Task goal: Every entry below should be written out again exactly.

Data for the task:
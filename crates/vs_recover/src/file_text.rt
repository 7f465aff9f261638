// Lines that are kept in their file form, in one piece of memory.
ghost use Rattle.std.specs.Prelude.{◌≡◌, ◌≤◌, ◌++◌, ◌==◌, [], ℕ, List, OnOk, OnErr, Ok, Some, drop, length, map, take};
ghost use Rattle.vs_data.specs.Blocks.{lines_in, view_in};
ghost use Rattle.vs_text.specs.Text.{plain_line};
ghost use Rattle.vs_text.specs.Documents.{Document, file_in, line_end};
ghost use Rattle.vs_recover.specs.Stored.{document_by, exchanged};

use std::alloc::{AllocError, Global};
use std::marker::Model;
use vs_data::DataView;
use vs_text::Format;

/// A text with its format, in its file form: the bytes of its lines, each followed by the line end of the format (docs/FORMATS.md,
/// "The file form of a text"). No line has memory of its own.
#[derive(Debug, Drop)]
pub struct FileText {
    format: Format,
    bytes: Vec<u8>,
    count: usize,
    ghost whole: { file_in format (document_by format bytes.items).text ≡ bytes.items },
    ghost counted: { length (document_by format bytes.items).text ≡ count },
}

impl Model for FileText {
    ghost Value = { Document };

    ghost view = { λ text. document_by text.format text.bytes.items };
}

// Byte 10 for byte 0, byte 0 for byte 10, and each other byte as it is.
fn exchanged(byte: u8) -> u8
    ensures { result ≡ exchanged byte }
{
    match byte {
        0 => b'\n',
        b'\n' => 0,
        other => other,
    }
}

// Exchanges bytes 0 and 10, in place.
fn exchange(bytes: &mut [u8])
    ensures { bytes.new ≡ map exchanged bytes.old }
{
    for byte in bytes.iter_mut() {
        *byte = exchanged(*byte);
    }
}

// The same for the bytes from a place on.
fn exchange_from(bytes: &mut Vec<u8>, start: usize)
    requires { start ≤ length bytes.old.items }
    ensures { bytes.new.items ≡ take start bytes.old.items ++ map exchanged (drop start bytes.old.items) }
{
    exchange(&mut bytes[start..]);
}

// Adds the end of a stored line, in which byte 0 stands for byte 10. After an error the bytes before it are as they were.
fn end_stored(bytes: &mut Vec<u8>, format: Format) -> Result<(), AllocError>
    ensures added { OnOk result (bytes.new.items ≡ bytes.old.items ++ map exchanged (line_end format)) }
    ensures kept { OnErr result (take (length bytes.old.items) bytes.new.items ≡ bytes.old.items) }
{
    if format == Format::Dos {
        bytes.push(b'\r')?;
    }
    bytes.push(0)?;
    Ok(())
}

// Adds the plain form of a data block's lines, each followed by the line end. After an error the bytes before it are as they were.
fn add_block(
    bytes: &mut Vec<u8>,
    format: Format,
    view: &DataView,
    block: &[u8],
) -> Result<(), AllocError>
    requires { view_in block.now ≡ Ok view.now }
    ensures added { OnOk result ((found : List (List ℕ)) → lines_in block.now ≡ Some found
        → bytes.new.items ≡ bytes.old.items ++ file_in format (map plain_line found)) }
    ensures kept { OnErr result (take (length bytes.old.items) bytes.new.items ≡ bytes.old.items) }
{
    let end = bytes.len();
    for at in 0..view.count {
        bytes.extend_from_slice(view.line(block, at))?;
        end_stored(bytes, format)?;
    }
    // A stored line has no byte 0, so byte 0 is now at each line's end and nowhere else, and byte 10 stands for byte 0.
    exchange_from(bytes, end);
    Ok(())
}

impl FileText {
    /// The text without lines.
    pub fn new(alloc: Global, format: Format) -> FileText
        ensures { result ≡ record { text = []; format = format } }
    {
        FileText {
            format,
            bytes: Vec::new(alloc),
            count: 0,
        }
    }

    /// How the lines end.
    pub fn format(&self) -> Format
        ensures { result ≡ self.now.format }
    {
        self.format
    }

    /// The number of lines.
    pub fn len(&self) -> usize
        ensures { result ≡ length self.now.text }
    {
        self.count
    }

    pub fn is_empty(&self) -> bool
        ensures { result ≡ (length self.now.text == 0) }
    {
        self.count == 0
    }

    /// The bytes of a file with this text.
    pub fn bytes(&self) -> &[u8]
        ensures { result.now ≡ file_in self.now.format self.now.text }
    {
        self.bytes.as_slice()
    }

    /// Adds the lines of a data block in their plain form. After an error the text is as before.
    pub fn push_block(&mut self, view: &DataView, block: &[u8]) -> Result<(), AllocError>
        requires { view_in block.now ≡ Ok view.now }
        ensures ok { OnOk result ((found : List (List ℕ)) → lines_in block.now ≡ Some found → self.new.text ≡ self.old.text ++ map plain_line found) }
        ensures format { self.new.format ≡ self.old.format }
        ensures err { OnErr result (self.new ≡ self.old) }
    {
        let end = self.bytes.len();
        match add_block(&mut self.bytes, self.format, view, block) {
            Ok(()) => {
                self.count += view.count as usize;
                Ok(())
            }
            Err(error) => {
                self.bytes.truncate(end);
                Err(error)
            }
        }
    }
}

Solution to the exercise:
filename crates/vs_recover/src/file_text.rt
repository 7f465aff9f261638
// Lines that are kept in their file form, in one piece of memory.
ghost use Rattle.std.specs.Prelude.{◌≡◌, ◌≤◌, ◌++◌, ◌==◌, [], ℕ, List, OnOk, OnErr, Ok, Some, drop, length, map, take};
ghost use Rattle.vs_data.specs.Blocks.{lines_in, view_in};
ghost use Rattle.vs_text.specs.Text.{plain_line};
ghost use Rattle.vs_text.specs.Documents.{Document, file_in, line_end};
ghost use Rattle.vs_recover.specs.Stored.{document_by, exchanged};

use std::alloc::{AllocError, Global};
use std::marker::Model;
use vs_data::DataView;
use vs_text::Format;

/// A text with its format, in its file form: the bytes of its lines, each followed by the line end of the format (docs/FORMATS.md,
/// "The file form of a text"). No line has memory of its own.
#[derive(Debug, Drop)]
pub struct FileText {
    format: Format,
    bytes: Vec<u8>,
    count: usize,
    ghost whole: { file_in format (document_by format bytes.items).text ≡ bytes.items },
    ghost counted: { length (document_by format bytes.items).text ≡ count },
}

impl Model for FileText {
    ghost Value = { Document };

    ghost view = { λ text. document_by text.format text.bytes.items };
}

// Byte 10 for byte 0, byte 0 for byte 10, and each other byte as it is.
fn exchanged(byte: u8) -> u8
    ensures { result ≡ exchanged byte }
{
    match byte {
        0 => b'\n',
        b'\n' => 0,
        other => other,
    }
}

// Exchanges bytes 0 and 10, in place.
fn exchange(bytes: &mut [u8])
    ensures { bytes.new ≡ map exchanged bytes.old }
{
    for byte in bytes.iter_mut() {
        *byte = exchanged(*byte);
    }
}

// The same for the bytes from a place on.
fn exchange_from(bytes: &mut Vec<u8>, start: usize)
    requires { start ≤ length bytes.old.items }
    ensures { bytes.new.items ≡ take start bytes.old.items ++ map exchanged (drop start bytes.old.items) }
{
    exchange(&mut bytes[start..]);
}

// Adds the end of a stored line, in which byte 0 stands for byte 10. After an error the bytes before it are as they were.
fn end_stored(bytes: &mut Vec<u8>, format: Format) -> Result<(), AllocError>
    ensures added { OnOk result (bytes.new.items ≡ bytes.old.items ++ map exchanged (line_end format)) }
    ensures kept { OnErr result (take (length bytes.old.items) bytes.new.items ≡ bytes.old.items) }
{
    if format == Format::Dos {
        bytes.push(b'\r')?;
    }
    bytes.push(0)?;
    Ok(())
}

// Adds the plain form of a data block's lines, each followed by the line end. After an error the bytes before it are as they were.
fn add_block(
    bytes: &mut Vec<u8>,
    format: Format,
    view: &DataView,
    block: &[u8],
) -> Result<(), AllocError>
    requires { view_in block.now ≡ Ok view.now }
    ensures added { OnOk result ((found : List (List ℕ)) → lines_in block.now ≡ Some found
        → bytes.new.items ≡ bytes.old.items ++ file_in format (map plain_line found)) }
    ensures kept { OnErr result (take (length bytes.old.items) bytes.new.items ≡ bytes.old.items) }
{
    let end = bytes.len();
    for at in 0..view.count {
        bytes.extend_from_slice(view.line(block, at))?;
        end_stored(bytes, format)?;
    }
    // A stored line has no byte 0, so byte 0 is now at each line's end and nowhere else, and byte 10 stands for byte 0.
    exchange_from(bytes, end);
    Ok(())
}

impl FileText {
    /// The text without lines.
    pub fn new(alloc: Global, format: Format) -> FileText
        ensures { result ≡ record { text = []; format = format } }
    {
        FileText {
            format,
            bytes: Vec::new(alloc),
            count: 0,
        }
    }

    /// How the lines end.
    pub fn format(&self) -> Format
        ensures { result ≡ self.now.format }
    {
        self.format
    }

    /// The number of lines.
    pub fn len(&self) -> usize
        ensures { result ≡ length self.now.text }
    {
        self.count
    }

    pub fn is_empty(&self) -> bool
        ensures { result ≡ (length self.now.text == 0) }
    {
        self.count == 0
    }

    /// The bytes of a file with this text.
    pub fn bytes(&self) -> &[u8]
        ensures { result.now ≡ file_in self.now.format self.now.text }
    {
        self.bytes.as_slice()
    }

    /// Adds the lines of a data block in their plain form. After an error the text is as before.
    pub fn push_block(&mut self, view: &DataView, block: &[u8]) -> Result<(), AllocError>
        requires { view_in block.now ≡ Ok view.now }
        ensures ok { OnOk result ((found : List (List ℕ)) → lines_in block.now ≡ Some found → self.new.text ≡ self.old.text ++ map plain_line found) }
        ensures format { self.new.format ≡ self.old.format }
        ensures err { OnErr result (self.new ≡ self.old) }
    {
        let end = self.bytes.len();
        match add_block(&mut self.bytes, self.format, view, block) {
            Ok(()) => {
                self.count += view.count as usize;
                Ok(())
            }
            Err(error) => {
                self.bytes.truncate(end);
                Err(error)
            }
        }
    }
}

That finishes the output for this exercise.